### What the task requires
Starting with the first line below, reproduce each line exactly until you have included the one bearing "use lang_script::Script;".

(Extracted data entries)
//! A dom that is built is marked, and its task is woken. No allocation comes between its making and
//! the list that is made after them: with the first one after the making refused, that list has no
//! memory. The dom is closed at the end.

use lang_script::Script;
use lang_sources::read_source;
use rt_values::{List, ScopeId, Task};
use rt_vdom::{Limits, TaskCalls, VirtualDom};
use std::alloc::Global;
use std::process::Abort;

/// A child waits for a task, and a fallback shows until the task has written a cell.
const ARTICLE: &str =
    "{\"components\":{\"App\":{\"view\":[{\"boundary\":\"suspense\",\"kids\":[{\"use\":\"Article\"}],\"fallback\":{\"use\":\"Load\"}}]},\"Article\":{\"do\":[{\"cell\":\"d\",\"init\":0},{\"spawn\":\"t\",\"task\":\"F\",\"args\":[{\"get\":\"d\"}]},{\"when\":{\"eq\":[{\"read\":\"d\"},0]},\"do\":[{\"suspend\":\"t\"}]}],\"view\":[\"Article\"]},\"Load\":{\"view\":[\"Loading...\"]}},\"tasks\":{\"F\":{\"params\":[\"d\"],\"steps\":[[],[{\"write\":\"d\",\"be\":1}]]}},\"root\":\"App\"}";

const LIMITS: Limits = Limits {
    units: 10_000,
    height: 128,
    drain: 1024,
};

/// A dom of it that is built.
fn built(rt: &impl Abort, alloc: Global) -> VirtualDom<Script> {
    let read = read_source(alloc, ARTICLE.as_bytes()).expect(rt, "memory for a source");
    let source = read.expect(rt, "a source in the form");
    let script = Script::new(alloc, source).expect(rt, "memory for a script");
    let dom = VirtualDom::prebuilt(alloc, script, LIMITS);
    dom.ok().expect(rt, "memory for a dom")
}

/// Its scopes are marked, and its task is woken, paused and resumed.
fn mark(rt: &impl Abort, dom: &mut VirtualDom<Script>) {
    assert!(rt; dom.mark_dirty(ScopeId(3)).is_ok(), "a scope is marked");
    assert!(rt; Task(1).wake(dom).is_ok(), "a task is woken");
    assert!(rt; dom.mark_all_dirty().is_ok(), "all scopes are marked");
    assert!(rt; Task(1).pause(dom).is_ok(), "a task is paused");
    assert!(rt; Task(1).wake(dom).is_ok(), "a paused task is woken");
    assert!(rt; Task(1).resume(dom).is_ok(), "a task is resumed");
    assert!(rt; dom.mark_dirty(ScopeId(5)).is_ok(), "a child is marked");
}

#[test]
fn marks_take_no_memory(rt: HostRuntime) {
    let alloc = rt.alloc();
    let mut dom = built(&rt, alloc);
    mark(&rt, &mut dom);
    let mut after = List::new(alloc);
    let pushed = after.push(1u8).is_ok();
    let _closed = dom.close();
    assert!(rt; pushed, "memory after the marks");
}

### Solution to this problem
//! A dom that is built is marked, and its task is woken. No allocation comes between its making and
//! the list that is made after them: with the first one after the making refused, that list has no
//! memory. The dom is closed at the end.

use lang_script::Script;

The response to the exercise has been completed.